I know the theorem is true because you helped me prove it two years ago :) https://www.physicsforums.com/threads/theorem-behind-archimedes-principle-of-buoyancy.922630/
On behalf of many; thanks for your time @Orodruin

 

[pasmith]

Summary: I’m informally learning the basics of differential forms from various sources. If anyone has book recommendations please share!

So I heard a k-form is an object (function of k vectors) integrated over a k-dimensional region to yield a number. Well what about integrals like pressure (0-form?)over a surface to yield a vector? Or the integral of gradient (1-form) over a volume to yield a vector?

In particular I’m thinking of this variation of the divergence theorem:
$$\int_{\partial V} \rho d\vec A = \int_V (\nabla \rho )dV$$
Which seems to fit so perfectly into the generalized stokes theorem:
$$\int_{\partial V} \rho = \int_V d\rho$$
Except that it seems to go against what a couple sources said; 1-forms (like $d\rho = \nabla \rho$) are supposed to be integrated over lines, not volumes.

Another random question; can physical things be given an absolute classification as a k-form? E.g. is pressure always a 0-form? Or can it also be viewed as a 3-form (on $R^3$)?

Scalar quantities are naturally regarded as 0-forms. However there is the obvious isomorphism $$\Lambda^0 \to \Lambda^3 : f \mapsto f\,dx \wedge dy \wedge dz$$ by which an 0-form can be replaced by a 3-form if you want to integrate it over a volume.

Similarly there is an isomorphism between 1-forms (integrated over curves) and 2-forms (integrated over surfaces).
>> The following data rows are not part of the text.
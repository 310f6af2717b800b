//! The items of traits and impls as JSON.
ghost use Rattle.std.specs.Prelude.{◌≡◌, IfOk, map};
ghost use Rattle.serde_json.specs.View.{view};
ghost use Rattle.hir_wire.specs.Replies.{assoc_item_data, called_data, items_data};

use crate::diagnostic::CalledItem;
use crate::items::{AssocItem, Items};
use crate::write::diagnostic::{called_value, diagnostics_list, source_item_value};
use serde_json::{Value, json};
use std::alloc::{AllocError, Global};

fn assoc_item_value(alloc: Global, item: &AssocItem) -> Result<Value, AllocError>
    ensures value { IfOk result (λ v. view v ≡ assoc_item_data item.now) }
{
    let def = source_item_value(alloc, &item.def)?;
    json!(in alloc; {"def": def, "name": item.name.as_str()})
}

fn assoc_items_list(alloc: Global, items: &[AssocItem]) -> Result<Vec<Value>, AllocError>
    ensures value { IfOk result (λ vs. map view vs.items ≡ map assoc_item_data items.now) }
{
    let mut values = Vec::new(alloc);
    for item in items {
        values.push(assoc_item_value(alloc, item)?)?;
    }
    Ok(values)
}

fn calls_list(alloc: Global, calls: &[CalledItem]) -> Result<Vec<Value>, AllocError>
    ensures value { IfOk result (λ vs. map view vs.items ≡ map called_data calls.now) }
{
    let mut values = Vec::new(alloc);
    for call in calls {
        values.push(called_value(alloc, call)?)?;
    }
    Ok(values)
}

/// What a trait or an impl holds.
pub fn items_value(alloc: Global, items: &Items) -> Result<Value, AllocError>
    ensures value { IfOk result (λ v. view v ≡ items_data items.now) }
{
    let calls = Value::Array(calls_list(alloc, items.calls.as_slice())?);
    let diagnostics = Value::Array(diagnostics_list(alloc, items.diagnostics.as_slice())?);
    let listed = Value::Array(assoc_items_list(alloc, items.items.as_slice())?);
    json!(in alloc; {"calls": calls, "diagnostics": diagnostics, "items": listed})
}
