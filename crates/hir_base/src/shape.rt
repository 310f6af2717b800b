//! Shapes of structs and variants, and names of extern crates.
ghost use Rattle.std.specs.Prelude.{◌≡◌, true, false, IfOk};
ghost use Rattle.hir_base.specs.Shape.{has_constructor};

use crate::name::Name;
use std::alloc::AllocError;

/// How the fields of a struct or variant are written.
#[derive(Clone, Copy, Debug, PartialEq, Eq, Hash)]
pub enum FieldsShape {
    Record,
    Tuple,
    Unit,
}

impl FieldsShape {
    /// Whether the name stands for a value too: a function, or the only value.
    pub fn has_value_ns_ctor(self) -> bool
        ensures value { result ≡ has_constructor self }
    {
        match self {
            FieldsShape::Record => false,
            FieldsShape::Tuple | FieldsShape::Unit => true,
        }
    }
}

/// What an `extern crate` names.
#[derive(Drop)]
pub enum ExternCrateName {
    /// `extern crate self`.
    SelfCrate,
    Name(Name),
}

impl ExternCrateName {
    /// The same name again.
    pub fn clone(&self) -> Result<ExternCrateName, AllocError>
        ensures value { IfOk result (λ n. n ≡ self.now) }
    {
        match self {
            ExternCrateName::SelfCrate => Ok(ExternCrateName::SelfCrate),
            ExternCrateName::Name(name) => Ok(ExternCrateName::Name(name.clone()?)),
        }
    }
}
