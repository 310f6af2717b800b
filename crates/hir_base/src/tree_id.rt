//! Which source a tree is of, after rust-analyzer's `TreeId`.
ghost use Rattle.std.specs.Prelude.{◌≡◌, ◌↔◌, IsTrue, IsSome};

use crate::ast_id::{BlockId, HirFileId};
use crate::ids::Crate;

/// A file, what a call expands to, or a block in one of them.
#[derive(Clone, Copy, Debug, PartialEq, Eq, PartialOrd, Ord, Hash)]
pub struct TreeId {
    pub file: HirFileId,
    pub block: Option<BlockId>,
}

impl TreeId {
    pub fn new(file: HirFileId, block: Option<BlockId>) -> TreeId
        ensures value { result ≡ record { file = file; block = block } }
    {
        TreeId { file, block }
    }

    /// What holds the syntax.
    pub fn file_id(self) -> HirFileId
        ensures value { result ≡ self.file }
    {
        self.file
    }

    /// Whether it is a block.
    pub fn is_block(self) -> bool
        ensures value { IsTrue result ↔ IsSome self.block }
    {
        self.block.is_some()
    }
}

/// A source under a crate.
#[derive(Clone, Copy, Debug, PartialEq, Eq, PartialOrd, Ord, Hash)]
pub struct TreeKey {
    pub krate: Crate,
    pub id: TreeId,
}
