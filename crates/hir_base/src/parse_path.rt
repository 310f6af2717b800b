//! Reads the texts of paths.
ghost use Rattle.std.specs.Prelude.{◌≡◌, ◌+◌, ◌<◌, ◌≤◌, ◌^◌, true, false, length, drop, slice_index, nat_lt, ◌==◌, ◌∷◌, if◌then◌else◌, Some, None, option_copied, IfOk};
ghost use Rattle.std.specs.List.{list_all, list_any};
ghost use Rattle.std.specs.Option.{option_map};
ghost use Rattle.hir_base.specs.ParsePath.{parts, path, climb, crate_of_digits, from_root, from_parts, levels};
ghost use Rattle.hir_ids.specs.NameForm.{is_name, max_name};
ghost use Rattle.hir_base.specs.Root.{kind_of_root, path_read};
ghost use Rattle.hir_ids.specs.Text.{nows};

use crate::ids::Crate;
use crate::mod_path::PathKind;
use crate::name::{MAX_NAME, Name, is_name};
use crate::pieces::pieces;
use smallvec::SmallVec;
use std::alloc::{AllocError, Global};

/// How a path begins, with any number of levels.
#[derive(Clone, Copy)]
pub(crate) enum Root {
    Plain,
    Super(usize),
    Crate,
    Abs,
    DollarCrate(Crate),
}

impl Root {
    /// The levels of `super`.
    pub(crate) fn levels(&self) -> usize
        ensures value { result ≡ levels (kind_of_root self.now) }
    {
        match *self {
            Root::Super(levels) => levels,
            _ => 0,
        }
    }

    /// The same root, where its levels fit.
    pub(crate) fn kind(&self) -> PathKind
        requires fits { levels (kind_of_root self.now) ≤ 255 }
        ensures value { result ≡ kind_of_root self.now }
    {
        match *self {
            Root::Plain => PathKind::Plain,
            Root::Super(levels) => PathKind::Super(levels as u8),
            Root::Crate => PathKind::Crate,
            Root::Abs => PathKind::Abs,
            Root::DollarCrate(krate) => PathKind::DollarCrate(krate),
        }
    }
}

/// The parts that `::` joins to the text, or `None` where a colon stands alone.
#[tactic(auto, using(crate::proofs::PathLemmas::read_so_far))]
pub(crate) fn parts<'a>(alloc: Global, text: &'a str) -> Result<Option<Vec<&'a str>>, AllocError>
    ensures ok { IfOk result (λ v. option_map (λ v. nows v.items) v ≡ parts text.now) }
{
    let pieces = pieces(alloc, text, ':')?;
    let mut parts = Vec::new(alloc);
    let mut left = pieces.as_slice();
    'pairs: while let [part, between, others @ ..] = left {
        if !between.is_empty() {
            return Ok(None);
        }
        parts.push(*part)?;
        left = others;
    }
    let [last] = left else {
        return Ok(None);
    };
    parts.push(*last)?;
    Ok(Some(parts))
}

/// The levels of a path that begins with so many, and the parts after its further `super`s.
fn climb<'b, 'a>(start: usize, parts: &'b [&'a str]) -> (Root, &'b [&'a str])
    requires room { start ≤ 1 }
    ensures value { path_read result ≡ climb start (nows parts.now) }
{
    let mut levels = start;
    let mut left = parts;
    'levels: while let [part, others @ ..] = left {
        if *part != "super" {
            return (Root::Super(levels), left);
        }
        levels += 1;
        left = others;
    }
    (Root::Super(levels), left)
}

/// Whether a text begins with a plus, which `parse` takes for a sign.
fn begins_with_plus(text: &str) -> bool
    ensures value { result ≡ (slice_index text.now 0 == 43) }
{
    match text.as_bytes() {
        [first, ..] => *first == b'+',
        [] => false,
    }
}

/// The crate whose number these digits are.
fn crate_of_digits(digits: &str) -> Option<Crate>
    ensures value { result ≡ crate_of_digits digits.now }
{
    if begins_with_plus(digits) {
        return None;
    }
    match digits.parse::<u32>() {
        Ok(number) => Some(Crate(number)),
        Err(_) => None,
    }
}

/// What follows a `$` at the beginning of a part.
fn after_dollar(part: &str) -> Option<&str>
    ensures value { option_copied result ≡ (if slice_index part.now 0 == 36 then Some (drop 1 part.now) else None) }
{
    part.strip_prefix('$')
}

/// The root of a path, and the parts after it, where the first part may be a root.
fn from_root<'b, 'a>(
    first: &'a str,
    rest: &'b [&'a str],
    parts: &'b [&'a str],
) -> Option<(Root, &'b [&'a str])>
    requires whole { nows parts.now ≡ first.now ∷ nows rest.now }
    ensures value { option_map path_read result ≡ from_root first.now (nows rest.now) }
{
    match first {
        "crate" => Some((Root::Crate, rest)),
        "self" => Some(climb(0, rest)),
        "super" => Some(climb(1, rest)),
        _ => {
            let Some(digits) = after_dollar(first) else {
                return Some((Root::Plain, parts));
            };
            match crate_of_digits(digits) {
                Some(krate) => Some((Root::DollarCrate(krate), rest)),
                None => None,
            }
        }
    }
}

/// The root of a path, and the parts after it.
pub(crate) fn from_parts<'b, 'a>(parts: &'b [&'a str]) -> Option<(Root, &'b [&'a str])>
    ensures value { option_map path_read result ≡ from_parts (nows parts.now) }
{
    let [first, rest @ ..] = parts else {
        return None;
    };
    if !first.is_empty() {
        return from_root(*first, rest, parts);
    }
    let [part, others @ ..] = rest else {
        return Some((Root::Plain, rest));
    };
    if part.is_empty() && others.is_empty() {
        return Some((Root::Abs, others));
    }
    Some((Root::Abs, rest))
}

/// Whether all these parts have the form of names.
pub(crate) fn are_names(segments: &[&str]) -> bool
    ensures value { result ≡ list_all is_name (nows segments.now) }
{
    let mut left = segments;
    'names: while let [segment, others @ ..] = left {
        if !is_name(*segment) {
            return false;
        }
        left = others;
    }
    true
}

/// Whether one of these parts is longer than a name may be.
pub(crate) fn has_long_name(segments: &[&str]) -> bool
    ensures value { result ≡ list_any (λ segment. nat_lt max_name (length segment)) (nows segments.now) }
{
    let mut left = segments;
    'names: while let [segment, others @ ..] = left {
        if segment.len() > MAX_NAME {
            return true;
        }
        left = others;
    }
    false
}

/// The names that these parts are.
pub(crate) fn names(alloc: Global, segments: &[&str]) -> Result<SmallVec<Name, 1>, AllocError>
    requires form { list_all is_name (nows segments.now) ≡ true }
    requires size { list_any (λ segment. nat_lt max_name (length segment)) (nows segments.now) ≡ false }
    ensures ok { IfOk result (λ v. v.items ≡ nows segments.now) }
{
    let mut names = SmallVec::new(alloc);
    let mut left = segments;
    'names: while let [segment, others @ ..] = left {
        names.push(Name::of_valid(alloc, *segment)?)?;
        left = others;
    }
    Ok(names)
}
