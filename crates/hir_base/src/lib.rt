//! Names, paths and ids: the plain values that every layer speaks of.
#![tactic(auto)]

pub use hir_ids::{ast_id, builtin_type, edition, explicitness, ids, laws, name, text};

pub mod cfg;
pub mod cfg_options;
pub mod display;
pub mod file_path;
pub mod limit;
pub mod locations;
pub mod macro_kind;
pub mod mod_path;
mod parse_path;
mod pieces;
pub mod place;
pub mod resolve_mode;
pub mod shape;
pub mod tree_id;

pub use ast_id::{
    AstId, AstKind, AttrId, BlockId, EditionedFileId, EntryId, FileId, HirFileId, InFile,
    MacroCallId, SyntaxId,
};
pub use builtin_type::{BuiltinFloat, BuiltinInt, BuiltinType, BuiltinUint, all_builtin_types};
pub use cfg::{CfgAtom, CfgExpr};
pub use cfg_options::CfgOptions;
pub use file_path::FilePath;
pub use ids::{
    AdtId, AssocItemId, ConstId, Crate, EnumId, EnumVariantId, ExternBlockId, ExternCrateId,
    FunctionId, HasModule, ImplId, ItemContainerId, ItemLoc, Lookup, MapId, ModuleDefId, ModuleId,
    StaticId, StructId, TraitId, TypeAliasId, UnionId, UseId,
};
pub use locations::{Locations, LocationsError};
pub use macro_kind::{
    BuiltinDeriveImplId, CallStyle, ExpansionKey, Macro2Id, MacroCallKind, MacroCallLoc,
    MacroCallStyles, MacroExpander, MacroId, MacroLoc, MacroRulesId, MacroText, ProcMacroId,
    ProcMacroLoc, ProcMacroStyle, macro_styles_from_id,
};
pub use mod_path::{ModPath, ParseError, PathKind};
pub use name::{Name, NameError};
pub use place::{BlockPlace, Place, PlaceElement};
pub use resolve_mode::{BuiltinShadowMode, MacroSubNs};
pub use shape::{ExternCrateName, FieldsShape};
pub use text::Text;
pub use tree_id::{TreeId, TreeKey};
In general, k-forms and (n-k)-forms are isomorphic. (For completeness one should note that some vector quantities are more naturally regarded as tangent vectors rather than 1- or 2-forms. Again, there exist isomorphisms.)

When you calculate the curl of a vector field, you calculate the exterior derivative of a 1-form, which gives a 2-form. When you calculate the divergence, you calculate the exterior derivative of a 2-form, which gives a 3-form.

With regard to the variation of the divergence theorem, what you are actually applying the divergence theorem to is the 2-form isomorphic to $\rho \mathbf{c}$. Because of the special way in which calculus in $\mathbb{R}^3$ works, we can say that $\mathbf{c}$ is an arbitrary "constant" vector field, which means that (1) its divergence is zero, so that $\nabla \cdot (\rho \mathbf{x}) = \mathbf{c}\cdot \nabla \rho$, and (2) taking the dot product with $\mathbf{c}$ commutes with integration (over both $V$ and $\partial V$). Then, because $\mathbf{c}$ was arbitrary, we could let it be each standard basis vector in turn to conclude that the components with respect to that basis of $\int_{\partial V} \rho\,d\mathbf{S}$ and $\int_V \nabla \rho\,dV$ were equal, allowing us to cancel $\mathbf{c}$.

Most of these steps are not possible in integrating over an arbitrary manifold, because the underlying vector space structure does not exist. Also, since in $\mathbb{R}^3$ we by definition integrate vector fields componentwise with respect to the standard basis, we can get away with writing a single vector equation where in terms of forms we would need three separate equations which, without that underlying standard basis, would have nothing to connect them.

 

[fresh_42]

Scalar quantities are naturally regarded as 0-forms. However there is the obvious isomorphism $$\Lambda^0 \to \Lambda^3 : f \mapsto f\,dx \wedge dy \wedge dz$$ by which an 0-form can be replaced by a 3-form if you want to integrate it over a volume.
...

Monomorphisms, not isomorphisms!